The principle is based on the theory that it is better to err on the side of caution and prevent environmental harm which may become irreversible, than to proceed with an action where there is uncertainty about the potential impact of a decision or action.
In the Fuel Retailers Case which came before the Constitutional Court, it was held that the precautionary principle was only applicable where, due to unavailable scientific knowledge, there is uncertainty as to the future impact of a proposed development.
In the case of WWF South Africa v Minister of Agriculture, Forestry and Fisheries and Others, which came before the Western Cape Division, our courts, for the first time, crafted out a test for the precautionary principle.
In other words, the court attempted to lay down the criteria for application of the Precautionary Principle.

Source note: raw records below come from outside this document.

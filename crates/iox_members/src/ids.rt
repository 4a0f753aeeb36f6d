//! Ids of nodes.
ghost use Rattle.std.specs.Prelude.{◌≡◌};
ghost use Rattle.iox_model.specs.Joins.{same_id};

use iox_types::identifiers::UniqueSystemId;

/// Whether two ids agree in all four numbers.
pub(crate) fn is_same_id(a: UniqueSystemId, b: UniqueSystemId) -> bool
    ensures { result ≡ same_id a b }
{
    a.process == b.process
        && a.seconds == b.seconds
        && (a.nanoseconds == b.nanoseconds && a.counter == b.counter)
}
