//! Whether anything of a port is left.
ghost use Rattle.std.specs.Prelude.{◌≡◌, ◌<◌, false, length, true};
ghost use Rattle.iox_tables.specs.HubMaking.Disconnections.{is_unused};
ghost use Rattle.iox_hub_ports.specs.InPlace.{in_place};
ghost use Rattle.iox_control.specs.Controls.{IsControl};

use iox_control::Control;
use iox_hub_ports::ports::Ports;

/// Whether something may go after a handle of the port in that place ended: nobody has a message of
/// the pool, as it is said, or the port's own value is not there.
#[inline(always)]
pub fn may_go(ports: &Ports, place: usize, idle: bool) -> bool
    requires { place < length ports.now.ports }
    ensures idle { result ≡ false → idle ≡ false }
    ensures held { result ≡ false
        → in_place (λ p. p.held) false ports.now.ports place ≡ true }
{
    if idle {
        return true;
    }
    !ports.known_at(place).held
}

/// Whether the port's own value and all its handles are released. The port is looked for at the
/// hint first.
#[inline(always)]
pub fn is_unused(control: &mut Control, port: u64, at: usize) -> bool
    requires order { IsControl control.old }
    ensures told { result ≡ is_unused control.old.tables port }
    ensures unchanged { control.new ≡ control.old }
{
    match control.ports().find_near(port, at) {
        None => true,
        Some(info) => {
            if info.held {
                return false;
            }
            !control.has_handles(port)
        }
    }
}
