//! A party at counts: one access after another.
ghost use Rattle.iox_set_steps.specs.CountPlays.{counts_ask, counts_happen, counts_rest, CountsLead, CountsBegin, CountsHold};
ghost use Rattle.iox_set_steps.specs.CountLaws.{counts_stay_in, counts_keep, counts_start};

use super::{CountCall, CountEvent, CountProgram, CountReply, CountSite};
use iox_steps::{Access, MachineError, MachineParty, Next, Party, Progress};

/// A party at the counts of a site.
#[derive(Clone, Copy)]
pub struct CountParty {
    /// where the counts stand
    pub site: CountSite,
    /// where it is in its call
    pub program: CountProgram,
}

impl CountProgram {
    ghost use Rattle.std.specs.Prelude.{◌≡◌};
    ghost use Rattle.iox_set_steps.specs.CountPrograms.{adds_to, count_access, count_event, count_next, count_start, taken_behind};

    /// Continues by adding one to the count, unless it is the greatest.
    #[inline]
    fn adds_to(id: usize, count: u64) -> Next<CountProgram, CountReply>
        ensures { result ≡ adds_to id count }
    {
        if count == u64::MAX {
            Next::Ends(CountReply::Set(false))
        } else {
            Next::Goes(CountProgram::Exchanges(id, count))
        }
    }

    /// Continues at the next count, if there is one.
    #[inline]
    fn taken_behind(site: CountSite, id: usize) -> Next<CountProgram, CountReply>
        ensures { result ≡ taken_behind site id }
    {
        let behind = id.saturating_add(1);
        if behind < site.capacity {
            Next::Goes(CountProgram::Takes(behind))
        } else {
            Next::Ends(CountReply::ResetAll)
        }
    }

    /// The access that comes next.
    #[inline]
    pub fn access(self, site: CountSite) -> Access
        ensures { result ≡ count_access site self }
    {
        match self {
            CountProgram::AtRest => Access::Local,
            CountProgram::Replies(_) => Access::Local,
            CountProgram::Loads(id) => Access::Load(site.place(id)),
            CountProgram::Exchanges(id, count) => {
                Access::CompareExchange(site.place(id), count, count.saturating_add(1))
            }
            CountProgram::Takes(id) => Access::FetchAnd(site.place(id), 0),
        }
    }

    /// Where the program goes after an access that found `seen`.
    #[inline]
    pub fn next(self, site: CountSite, seen: u64) -> Next<CountProgram, CountReply>
        ensures { result ≡ count_next site self seen }
    {
        match self {
            CountProgram::AtRest => Next::Goes(CountProgram::AtRest),
            CountProgram::Replies(reply) => Next::Ends(reply),
            CountProgram::Loads(id) => CountProgram::adds_to(id, seen),
            CountProgram::Exchanges(_, count) if seen == count => Next::Ends(CountReply::Set(true)),
            CountProgram::Exchanges(id, _) => CountProgram::adds_to(id, seen),
            CountProgram::Takes(id) => CountProgram::taken_behind(site, id),
        }
    }

    /// What an access that found `seen` does to the counts.
    #[inline]
    pub fn event(self, seen: u64) -> Option<CountEvent>
        ensures { result ≡ count_event self seen }
    {
        match self {
            CountProgram::AtRest => None,
            CountProgram::Replies(_) => None,
            CountProgram::Loads(_) => None,
            CountProgram::Exchanges(id, count) if seen == count => Some(CountEvent::Added(id)),
            CountProgram::Exchanges(_, _) => None,
            CountProgram::Takes(_) if seen == 0 => None,
            CountProgram::Takes(id) => Some(CountEvent::Taken(id, seen)),
        }
    }

    /// The program of the call, before its first access.
    #[inline]
    pub fn start(site: CountSite, call: CountCall) -> CountProgram
        ensures { result ≡ count_start site call }
    {
        match call {
            CountCall::Set(id) if id < site.capacity => CountProgram::Loads(id),
            CountCall::Set(_) => CountProgram::Replies(CountReply::Set(false)),
            CountCall::ResetAll if site.capacity == 0 => CountProgram::Replies(
                CountReply::ResetAll,
            ),
            CountCall::ResetAll => CountProgram::Takes(0),
        }
    }
}

impl Party for CountParty {
    type Reply = CountReply;

    ghost asks = { counts_ask };

    ghost leads = { CountsLead };

    #[inline]
    fn access(&self) -> Access {
        self.program.access(self.site)
    }

    #[inline]
    fn advance(&mut self, seen: u64) -> Progress<CountReply> {
        match self.program.next(self.site, seen) {
            Next::Goes(program) => {
                self.program = program;
                Progress::Going
            }
            Next::Ends(reply) => {
                self.program = CountProgram::AtRest;
                Progress::Done(reply)
            }
        }
    }
}

impl MachineParty for CountParty {
    type Call = CountCall;

    type Event = CountEvent;

    ghost Invariant = { CountsHold };

    ghost at_rest = { counts_rest };

    ghost happens = { counts_happen };

    ghost begins = { CountsBegin };

    fn is_at_rest(&self) -> bool {
        matches!(self.program, CountProgram::AtRest)
    }

    fn event(&self, seen: u64) -> Option<CountEvent> {
        self.program.event(seen)
    }

    fn begin(&mut self, call: CountCall) -> Result<(), MachineError> {
        match self.program {
            CountProgram::AtRest => {
                self.program = CountProgram::start(self.site, call);
                Ok(())
            }
            _ => Err(MachineError::Busy),
        }
    }

    ghost stays_in = { counts_stay_in };

    ghost keeps = { counts_keep };

    ghost starts = { counts_start };
}
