//! A port goes of which nothing is left.
ghost use Rattle.std.specs.Prelude.{◌≡◌, None, Some, option_map, true};
ghost use Rattle.iox_tables.specs.HubStates.States.{Given, state_shown};
ghost use Rattle.iox_tables.specs.HubStates.Tables.{PortState, port_in};
ghost use Rattle.iox_tables.specs.HubBooks.Counts.{in_port, lane_count};
ghost use Rattle.iox_tables.specs.HubKeeping.Keeps.{lost_uses};
ghost use Rattle.iox_tables.specs.HubLending.Emptying.{HasFewerHolders};
ghost use Rattle.iox_tables.specs.HubMaking.Disconnections.{is_unused, with_disconnected, with_released};
ghost use Rattle.iox_hub_ports.specs.Ports.{without_port};
ghost use Rattle.std.specs.Option.{option_map_or};
ghost use Rattle.iox_control.specs.Controls.{IsControl, with_pools};
ghost use Rattle.iox_control_releasing.specs.LettingGo.{LetsGo};
ghost use Rattle.iox_control_releasing.specs.Goings.{IsTidy, KeptPools, NoLeftPool, StaysTidy, with_left_pool_gone};

use crate::cutting::cut_all;
use crate::letting_go::let_port_go;
use crate::unused::is_unused;
use iox_control::Control;

/// Takes the port of that number out, if there is one, and lets go of all messages that come to it.
/// It tells the place of the port's pool.
fn take_out(control: &mut Control, port: u64) -> Option<usize>
    ensures pool { result ≡ option_map (λ p. p.pool) (port_in control.old.tables.ports port) }
    ensures left { control.new.tables ≡ record (control.old.tables) {
      ports = without_port control.old.tables.ports port;
      pools = control.new.tables.pools;
    } }
    ensures room { control.new.room ≡ control.old.room }
    ensures fewer { LetsGo control.old.tables.pools control.new.tables.pools
        (λ pool k. option_map_or (in_port (lane_count pool k))
        (port_in control.old.tables.ports port) 0) }
    ensures unchanged { result ≡ None → control.new ≡ control.old }
{
    match control.remove_port(port) {
        None => None,
        Some(removed) => {
            let pool = removed.info().pool;
            let_port_go(control, removed);
            Some(pool)
        }
    }
}

/// The pool in that place goes, if its port is gone and nobody has a message of it.
#[inline(always)]
pub fn drop_pool(control: &mut Control, place: usize)
    requires order { IsControl control.old }
    ensures left { control.new ≡ with_pools control.old
        (with_left_pool_gone control.old.tables place) }
    ensures order { IsControl control.new }
    ensures shown { (x : Given) → state_shown x control.old.tables
        ≡ state_shown x control.new.tables }
    ensures pools { KeptPools control.old.tables.pools control.new.tables.pools }
    ensures gone { NoLeftPool control.new.tables place }
    ensures tidy { StaysTidy control.old.tables control.new.tables }
{
    let pools = control.pools();
    if pools.is_idle(place) {
        match control.ports().find(pools.owner(place)) {
            Some(_) => {}
            None => control.remove_pool(place),
        }
    }
}

/// Each pool goes whose port is gone and of which nobody has a message. It is rare that ports go,
/// so it is a call of its own.
#[cold]
#[inline(never)]
fn drop_left_pools(control: &mut Control)
    requires order { IsControl control.old }
    ensures left { control.new ≡ with_pools control.old control.new.tables.pools }
    ensures order { IsControl control.new }
    ensures shown { (x : Given) → state_shown x control.old.tables
        ≡ state_shown x control.new.tables }
    ensures pools { KeptPools control.old.tables.pools control.new.tables.pools }
    ensures tidy { IsTidy control.new.tables }
{
    for place in 0..control.pools().places() {
        drop_pool(control, place);
    }
}

/// The port goes, of which nothing is left: with it go its pipes, and the messages on them. What
/// waits from it is kept by those that keep it. All pools stay. It is rare, so it is a call of its
/// own.
#[cold]
#[inline(never)]
fn take_port(control: &mut Control, port: u64)
    requires order { IsControl control.old }
    requires unused { is_unused control.old.tables port ≡ true }
    ensures left { control.new.tables ≡ record (with_disconnected control.old.tables port) {
      pools = control.new.tables.pools;
    } }
    ensures shown { (x : Given) → state_shown x (with_disconnected control.old.tables port)
        ≡ state_shown x control.new.tables }
    ensures order { IsControl control.new }
    ensures fewer { HasFewerHolders control.old.tables.pools control.new.tables.pools
        (lost_uses control.old.tables port) }
{
    match take_out(control, port) {
        None => {}
        Some(_) => cut_all(control, port),
    }
}

/// The port, which is looked for at the hint first, goes if nothing of it is left: neither its own
/// value nor a handle. With it go the pools of ports that are gone of which nobody has a message
/// any more: its own, and those of which messages were given up.
#[inline(always)]
pub fn disconnect_if_unused(control: &mut Control, port: u64, at: usize)
    requires order { IsControl control.old }
    ensures left { control.new.tables
        ≡ record (with_released control.old.tables port) { pools = control.new.tables.pools } }
    ensures shown { (x : Given) → state_shown x (with_released control.old.tables port)
        ≡ state_shown x control.new.tables }
    ensures order { IsControl control.new }
    ensures pools { KeptPools control.old.tables.pools control.new.tables.pools }
    ensures gone { (p : PortState) → port_in control.old.tables.ports port ≡ Some p
        → NoLeftPool control.new.tables p.pool }
    ensures tidy { StaysTidy control.old.tables control.new.tables }
{
    if is_unused(control, port, at) {
        take_port(control, port);
        drop_left_pools(control);
    }
}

The Precautionary Principle is activated where two conditions are satisfied, namely,
that the proposed activity poses a ‘threat of serious or irreversible environmental damage’ and
the ‘existence of scientific uncertainty as to the environmental damage
The principle finds application among Environmental Assessment Practitioners who are conducting EIAs, as well as government officials tasked with deciding on applications for environmental authorisations - and in fact - any decision which may pose a threat to the environment.
In terms of the principle, these practitioners or officials should err on the side of caution where there in uncertainty regarding environmental impacts, by either refusing to proceed with a development or declining an authorisation for a development, which meets the criteria as set out in the WWF Case.
The precautionary principle is also a key legal tool used by Environmental Lawyers like myself, when drafting and prosecuting appeals against Environmental Authorisations and Water Use Licences, as well as review applications before court.
In this current climate of greenwashing and so called “green technologies“ and “renewable or sustainable energy“, the Precautionary Principle becomes all more relevant - particularly where the technology (and thus its long term impacts) are not clearly understood i.e. there is scientific uncertainty regarding the potential environmental impacts.
Court Cases Cited:
Fuel Retailers Association of Southern Africa v Director-General: Environmental Management, Department of Agriculture, Conservation and Environment, Mpumalanga Province and Others (CCT67/06)  ZACC 13; 2007 (10) BCLR 1059 (CC); 2007 (6) SA 4 (CC) (7 June 2007).
WWF South Africa v Minister of Agriculture, Forestry and Fisheries and Others (11478/18)  ZAWCHC 127;  4 All SA 889 (WCC); 2019 (2) SA 403 (WCC) (26 September 2018).